Aim of the exercise >> Work through the records that follow and return each line containing the word "IsTrue".

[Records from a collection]
# # # # #

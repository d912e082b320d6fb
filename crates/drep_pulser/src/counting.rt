ghost use Rattle.std.specs.Prelude.{◌≡◌, ◌+◌, ◌-◌, ◌^◌, ◌<◌, ◌≤◌, ◌↔◌, All, IsTrue, IfOk, length, min};
ghost use Rattle.gov_ids.specs.Orders.{credential_cmp};
ghost use Rattle.view_map.specs.View.{frozen_of};
ghost use Rattle.snapshots.specs.of_gov_model.Snapshot.{Snapshot};
ghost use Rattle.snapshots.specs.of_gov_model.Stake.{drep_stake_of_first};
ghost use Rattle.drep_pulser.specs.Count.{Count, sum_for};
ghost use Rattle.coin_frac.specs.Totals.{total_of};
ghost use Rattle.drep_pulser.specs.Facts.{held_by, HasFrozen, ForSnapshotOf, IsCountOf, IsCountIn, IsCountedOf};
ghost use Rattle.drep_pulser.specs.Parts.{no_part};
ghost use Rattle.drep_pulser.specs.Pulsers.{IsPulserOf, GoesOnIn, has_ended, done_by, total_of_pulser};

use crate::Pulser;
use crate::counted::Counted;
use crate::part::Part;
use crate::sums::Sums;
use crate::walk::Walk;
use accounts::AccountBook;
use coin_frac::{NoMemory, Steps, TotalMap};
use drep_book::DrepBook;
use gov_ids::{Credential, Drep};
use std::alloc::Global;
use std::marker::Model;
use std::sync::ledger::Ledger;

/// A count of the frozen entries that goes on. The entries stay in the book.
/// It holds the sums of its workers, all 0.
/// (the DRep pulser of cardano-ledger; the representation is own)
#[derive(Debug, Drop)]
pub struct Counting {
    walk: Walk,
    parts: Vec<Part>,
}

impl Model for Counting {
    ghost use Rattle.std.specs.Prelude.{◌≡◌, ◌≤◌, All, length};
    ghost use Rattle.drep_pulser.specs.Count.{Count};
    ghost use Rattle.drep_pulser.specs.Parts.{no_part};

    ghost Value = { Count };

    ghost view = { λ a. a.walk };

    ghost invariant = { λ a. (1 ≤ a.walk.workers) × (length a.parts.items ≡ a.walk.workers)
        × All (λ part. part ≡ no_part a.walk.sums) a.parts.items };
}

/// Begins a count of the book's frozen entries, for the DReps of `dreps`; none is visited yet.
/// The deposits of proposals are by the credential to which they return.
/// It takes all memory of the count. (the DRep pulser of cardano-ledger)
pub fn begin(
    alloc: Global,
    book: &AccountBook,
    dreps: &DrepBook,
    deposits: &TotalMap<Credential>,
    workers: u32,
) -> Result<Counting, NoMemory>
    requires some { 1 ≤ workers }
    requires few { workers ≤ 64 }
    ensures none_visited { IfOk result (λ c. c.done ≡ 0) }
    ensures total { IfOk result (λ c. c.total ≡ length (frozen_of credential_cmp book.now)) }
    ensures workers { IfOk result (λ c. c.workers ≡ workers) }
    ensures counts { (f : Snapshot) → HasFrozen f book.now dreps.now deposits.now → IfOk result (IsCountOf f) }
    ensures counts_in { held_by (frozen_of credential_cmp book.now) + total_of deposits.now < 2 ^ 64
        → IfOk result (IsCountIn (frozen_of credential_cmp book.now)) }
{
    let sums = Sums::of(alloc, dreps)?;
    let deposits = deposits.copied(alloc)?;
    Counting::of(alloc, Walk::new(book.frozen_len(), workers, sums, deposits))
}

impl Counting {
    // A walk, with the sums of its workers.
    fn of(alloc: Global, walk: Walk) -> Result<Counting, NoMemory>
        requires { 1 ≤ walk.workers }
        ensures { IfOk result (λ c. c ≡ walk) }
    {
        let parts = walk.parts(alloc)?;
        Ok(Counting { walk, parts })
    }

    /// A copy.
    pub fn copied(&self, alloc: Global) -> Result<Counting, NoMemory>
        ensures { IfOk result (λ copy. copy ≡ self.now) }
    {
        Counting::of(alloc, self.walk.copied(alloc)?)
    }

    /// The count, and an empty part for each worker. It takes no memory: `begin` took it.
    pub fn split(self) -> (Walk, Vec<Part>)
        ensures walk { result.0 ≡ self }
        ensures each { length result.1.items ≡ self.workers }
        ensures some { 1 ≤ self.workers }
        ensures empty { All (λ part. part ≡ no_part self.sums) result.1.items }
    {
        (self.walk, self.parts)
    }

    /// Visits the next `n` entries, or all that are left; each visit is a step.
    /// The book's frozen entries are those of `begin`. It takes no memory.
    /// (the DRep pulser of cardano-ledger)
    pub fn pulse<L: Ledger>(mut self, book: &AccountBook, n: u32, steps: &mut Steps<L>) -> Pulser
        requires some { 1 ≤ n }
        requires counts { IsCountIn (frozen_of credential_cmp book.now) self }
        requires fits { steps.old + min n (self.total - self.done) < 2 ^ 64 }
        ensures counts { ForSnapshotOf (frozen_of credential_cmp book.now) self (λ f. IsPulserOf f result) }
        ensures goes_on { GoesOnIn (frozen_of credential_cmp book.now) result }
        ensures done { done_by result ≡ min (self.done + n) self.total }
        ensures total { total_of_pulser result ≡ self.total }
        ensures ends { IsTrue (has_ended result) ↔ (self.total ≤ self.done + n) }
        ensures steps { steps.new ≡ steps.old + min n (self.total - self.done) }
    {
        self.walk.advance(book, u64::from(n), steps);
        if self.done() == self.total() {
            Pulser::Counted(self.walk.ended())
        } else {
            Pulser::Counting(self)
        }
    }

    /// Visits all entries that are left; each visit is a step.
    /// The book's frozen entries are those of `begin`. It takes no memory.
    /// (the DRep pulser of cardano-ledger)
    pub fn finish<L: Ledger>(mut self, book: &AccountBook, steps: &mut Steps<L>) -> Counted
        requires counts { IsCountIn (frozen_of credential_cmp book.now) self }
        requires fits { steps.old + (self.total - self.done) < 2 ^ 64 }
        ensures counts { ForSnapshotOf (frozen_of credential_cmp book.now) self (λ f. IsCountedOf f result) }
        ensures total { result.total ≡ self.total }
        ensures steps { steps.new ≡ steps.old + (self.total - self.done) }
    {
        let left = self.total() - self.done();
        self.walk.advance(book, left, steps);
        self.walk.ended()
    }

    /// How many entries are visited.
    pub fn done(&self) -> u64
        ensures { result ≡ self.now.done }
    {
        self.walk.done()
    }

    /// How many frozen entries there are.
    pub fn total(&self) -> u64
        ensures { result ≡ self.now.total }
    {
        self.walk.total()
    }

    /// The stake of a DRep over the visited entries, in lovelace.
    /// (the DRep pulser of cardano-ledger)
    pub fn partial(&self, d: &Drep) -> u64
        ensures sum { result ≡ sum_for self.now.sums d.now }
        ensures stake { (f : Snapshot) → IsCountOf f self.now → result ≡ drep_stake_of_first self.now.done f d.now }
    {
        self.walk.partial(d)
    }
}
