ghost use Rattle.std.specs.Prelude.{◌≡◌, ◌+◌, ◌^◌, ◌<◌, IfOk, length};
ghost use Rattle.gov_ids.specs.Orders.{drep_cmp};
ghost use Rattle.maps.specs.Maps.{changed_at};
ghost use Rattle.drep_pulser.specs.Count.{sum_for};
ghost use Rattle.drep_pulser.specs.Parts.{by_drep, no_part};

use crate::sums::Sums;
use coin_frac::NoMemory;
use gov_ids::Drep;
use std::alloc::Global;
use std::marker::Model;

/// The sums of one worker, in lovelace, in the order of the DReps of its count.
#[derive(Debug, Drop)]
pub struct Part {
    amounts: Vec<u64>,
}

impl Model for Part {
    ghost use Rattle.std.specs.Prelude.{ℕ, List};

    ghost Value = { List ℕ };

    ghost view = { λ a. a.amounts.items };
}

impl Part {
    // 0 for each DRep that has a sum.
    pub(crate) fn of(alloc: Global, sums: &Sums) -> Result<Part, NoMemory>
        ensures { IfOk result (λ part. part ≡ no_part sums.now) }
    {
        Ok(Part {
            amounts: sums.zeros(alloc)?,
        })
    }

    // Adds to the sum of a DRep, if it has one. It takes no memory.
    pub(crate) fn add(&mut self, sums: &Sums, d: &Drep, n: u64)
        requires length { length self.old ≡ length sums.now }
        requires fits { sum_for (by_drep sums.now self.old) d.now + n < 2 ^ 64 }
        ensures length { length self.new ≡ length self.old }
        ensures sums { by_drep sums.now self.new ≡ changed_at drep_cmp d.now (λ s. s + n) (by_drep sums.now self.old) }
    {
        if let Some(place) = sums.place(d) {
            self.amounts[place] += n;
        }
    }

    // The sums, in the order of DReps.
    pub(crate) fn as_slice(&self) -> &[u64]
        ensures { result.now ≡ self.now }
    {
        self.amounts.as_slice()
    }
}
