ghost use Rattle.std.specs.Prelude.{◌≡◌, ◌&&◌, option_map};
ghost use Rattle.gov_ids.specs.declared.Credential.{Credential};
ghost use Rattle.gov_ids.specs.Orders.{credential_cmp};
ghost use Rattle.maps.specs.Maps.{comes_past};
ghost use Rattle.drep_pulser.specs.Parts.{is_beyond};

use gov_ids::Credential;

// The later of two bounds; none is no bound.
pub(crate) fn later(a: Option<Credential>, b: Option<&Credential>) -> Option<Credential>
    ensures { (c : Credential) → comes_past credential_cmp result c
        ≡ (comes_past credential_cmp a c && comes_past credential_cmp (option_map (λ k. k.now) b.entry) c) }
{
    let Some(y) = b else {
        return a;
    };
    let Some(x) = a else {
        return Some(*y);
    };
    if y.cmp(&x).is_lt() { Some(x) } else { Some(*y) }
}

// Whether a credential comes after the last one of a range; none is no bound.
pub(crate) fn is_beyond(until: Option<&Credential>, c: &Credential) -> bool
    ensures { result ≡ is_beyond (option_map (λ k. k.now) until.entry) c.now }
{
    match until {
        Some(last) => last.cmp(c).is_lt(),
        None => false,
    }
}
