ghost use Rattle.std.specs.Prelude.{◌≡◌, ◌+◌, ◌-◌, ◌^◌, ◌<◌, ◌≤◌, All, IfOk, length, List, Some, min, option_map, ℕ};
ghost use Rattle.book_records.specs.declared.Entry.{Entry};
ghost use Rattle.gov_ids.specs.declared.Credential.{Credential};
ghost use Rattle.gov_ids.specs.declared.Drep.{Drep};
ghost use Rattle.gov_ids.specs.Orders.{credential_cmp};
ghost use Rattle.snapshots.specs.of_gov_model.Snapshot.{Snapshot};
ghost use Rattle.view_map.specs.View.{frozen_of};
ghost use Rattle.drep_pulser.specs.Count.{Count, sum_for};
ghost use Rattle.drep_pulser.specs.Facts.{AreSums, ForSnapshotOf, IsCountOf, IsCountIn, IsCountedOf, weight_by};
ghost use Rattle.drep_pulser.specs.Parts.{by_drep, entries_between, entries_left, IsSharedIn, no_part, sum_with};
ghost use Rattle.drep_pulser.specs.Visits.{IsNextIn, drep_of, visited, with_more};

use crate::bounds::{is_beyond, later};
use crate::counted::Counted;
use crate::part::Part;
use crate::sums::Sums;
use accounts::{AccountBook, Entry};
use coin_frac::{NoMemory, Steps, TotalMap};
use gov_ids::{Credential, Drep};
use std::alloc::Global;
use std::marker::Model;
use std::sync::ledger::Ledger;

/// A count that has given out its workers' sums; they share the frozen entries left.
#[derive(Debug, Drop)]
pub struct Walk {
    cursor: Option<Credential>,
    done: u64,
    total: u64,
    workers: u32,
    sums: Sums,
    deposits: TotalMap<Credential>,
}

impl Model for Walk {
    ghost use Rattle.std.specs.Prelude.{◌^◌, ◌<◌};
    ghost use Rattle.drep_pulser.specs.Count.{Count};

    ghost Value = { Count };

    ghost view = { λ a. record {
      cursor = a.cursor;
      done = a.done;
      total = a.total;
      workers = a.workers;
      sums = a.sums;
      deposits = a.deposits;
    } };

    ghost invariant = { λ a. a.total < 2 ^ 64 };
}

impl Walk {
    // A count with no entry visited.
    pub(crate) fn new(total: u64, workers: u32, sums: Sums, deposits: TotalMap<Credential>) -> Walk
        ensures { result ≡ record {
          cursor = None;
          done = 0;
          total = total;
          workers = workers;
          sums = sums;
          deposits = deposits;
        } }
    {
        Walk {
            cursor: None,
            done: 0,
            total,
            workers,
            sums,
            deposits,
        }
    }

    // A copy.
    pub(crate) fn copied(&self, alloc: Global) -> Result<Walk, NoMemory>
        ensures { IfOk result (λ copy. copy ≡ self.now) }
    {
        Ok(Walk {
            cursor: self.cursor,
            done: self.done,
            total: self.total,
            workers: self.workers,
            sums: self.sums.copied(alloc)?,
            deposits: self.deposits.copied(alloc)?,
        })
    }

    // An empty part for each worker.
    pub(crate) fn parts(&self, alloc: Global) -> Result<Vec<Part>, NoMemory>
        ensures each { IfOk result (λ parts. length parts.items ≡ self.now.workers) }
        ensures empty { IfOk result (λ parts. All (λ part. part ≡ no_part self.now.sums) parts.items) }
    {
        let mut parts = Vec::new(alloc);
        for _worker in 0..self.workers {
            parts.push(Part::of(alloc, &self.sums)?)?;
        }
        Ok(parts)
    }

    /// Adds to a part each DRep's stake among the frozen accounts after the count's cursor and
    /// after `after`, but not after `until`; none is no bound. The book's frozen entries are those
    /// of `begin`. It takes no memory.
    pub fn add(
        &self,
        book: &AccountBook,
        after: Option<&Credential>,
        until: Option<&Credential>,
        part: &mut Part,
    )
        requires counts { IsCountIn (frozen_of credential_cmp book.now) self.now }
        requires empty { part.old ≡ no_part self.now.sums }
        ensures length { length part.new ≡ length self.now.sums }
        ensures sums { AreSums
            (entries_between (option_map (λ c. c.now) after.entry) (option_map (λ c. c.now) until.entry)
            (entries_left self.now (frozen_of credential_cmp book.now)))
            self.now.deposits
            (by_drep self.now.sums part.new) }
    {
        let from = later(self.cursor, after);
        let mut entries = book.frozen_past(from.as_ref());
        while let Some((c, entry)) = entries.next_entry() {
            if is_beyond(until, c) {
                return;
            }
            self.weigh(c, entry, part);
        }
    }

    /// The ended count, from all parts together. It takes no memory.
    pub fn close(mut self, parts: Vec<Part>) -> Counted
        requires each { All (λ part. length part ≡ length self.sums) parts.items }
        requires shared { (es : List (Credential × Entry)) × IsSharedIn es self parts.items }
        ensures counts { (f : Snapshot) → IsCountOf f self → IsSharedIn f.entries self parts.items →
            IsCountedOf f result }
        ensures sums { (d : Drep) → sum_for result.sums d ≡ sum_with parts.items self.sums d }
        ensures total { result.total ≡ self.total }
    {
        for part in &parts {
            self.sums.gather(part.as_slice());
        }
        self.ended()
    }

    // How many entries are visited.
    pub(crate) fn done(&self) -> u64
        ensures { result ≡ self.now.done }
    {
        self.done
    }

    // How many frozen entries there are.
    pub(crate) fn total(&self) -> u64
        ensures { result ≡ self.now.total }
    {
        self.total
    }

    // The sum of a DRep over the visited entries.
    pub(crate) fn partial(&self, d: &Drep) -> u64
        ensures { result ≡ sum_for self.now.sums d.now }
    {
        self.sums.get(d)
    }

    // Visits at most `most` of the next entries.
    pub(crate) fn advance<L: Ledger>(&mut self, book: &AccountBook, most: u64, steps: &mut Steps<L>)
        requires counts { IsCountIn (frozen_of credential_cmp book.now) self.old }
        requires fits { steps.old + min most (self.old.total - self.old.done) < 2 ^ 64 }
        ensures counts { ForSnapshotOf (frozen_of credential_cmp book.now) self.old (λ f. IsCountOf f self.new) }
        ensures counts_in { IsCountIn (frozen_of credential_cmp book.now) self.new }
        ensures done { self.new.done ≡ min (self.old.done + most) self.old.total }
        ensures total { self.new.total ≡ self.old.total }
        ensures workers { self.new.workers ≡ self.old.workers }
        ensures parts { no_part self.new.sums ≡ no_part self.old.sums }
        ensures steps { steps.new ≡ steps.old + min most (self.old.total - self.old.done) }
    {
        let mut entries = book.frozen_past(self.cursor.as_ref());
        for _visit in 0..most {
            let Some((c, entry)) = entries.next_entry() else {
                return;
            };
            self.visit(c, entry);
            steps.tick();
        }
    }

    // Visits an entry.
    fn visit(&mut self, c: &Credential, entry: &Entry)
        requires { IsNextIn (c.now, entry.now) self.old }
        ensures { self.new ≡ visited (c.now, entry.now) self.old }
    {
        self.cursor = Some(*c);
        self.done += 1;
        if let Some((drep, weight)) = weighed(&self.deposits, c, entry) {
            self.sums.add(drep, weight);
        }
    }

    // Adds the weight of an entry to a part.
    fn weigh(&self, c: &Credential, entry: &Entry, part: &mut Part)
        requires length { length part.old ≡ length self.now.sums }
        requires weight { weight_by self.now.deposits (c.now, entry.now) < 2 ^ 64 }
        requires fits { (d : Drep) → drep_of entry.now ≡ Some d →
            sum_for (by_drep self.now.sums part.old) d + weight_by self.now.deposits (c.now, entry.now) < 2 ^ 64 }
        ensures length { length part.new ≡ length part.old }
        ensures sums { by_drep self.now.sums part.new ≡
            with_more (drep_of entry.now) (weight_by self.now.deposits (c.now, entry.now)) (by_drep self.now.sums part.old) }
    {
        if let Some((drep, weight)) = weighed(&self.deposits, c, entry) {
            part.add(&self.sums, drep, weight);
        }
    }

    pub(crate) fn ended(self) -> Counted
        ensures { result ≡ record { total = self.total; sums = self.sums } }
    {
        Counted {
            total: self.total,
            sums: self.sums,
        }
    }
}

// The DRep to which an entry delegates, and its weight with the deposits that return to it.
fn weighed<'a>(
    deposits: &TotalMap<Credential>,
    c: &Credential,
    entry: &'a Entry,
) -> Option<(&'a Drep, u64)>
    requires { weight_by deposits.now (c.now, entry.now) < 2 ^ 64 }
    ensures { option_map {U = Drep × ℕ} (λ w. (w.0.now, w.1)) result
        ≡ option_map (λ d. (d, weight_by deposits.now (c.now, entry.now))) (drep_of entry.now) }
{
    let registered = entry.registered.as_ref()?;
    let drep = registered.drep.as_ref()?;
    let weight = entry.stake + registered.rewards + deposits.get(c);
    Some((drep, weight))
}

# # # # #

Solution to this problem >>
ghost use Rattle.std.specs.Prelude.{◌≡◌, ◌+◌, ◌-◌, ◌^◌, ◌<◌, ◌≤◌, ◌↔◌, All, IsTrue, IfOk, length, min};
        ensures ends { IsTrue (has_ended result) ↔ (self.total ≤ self.done + n) }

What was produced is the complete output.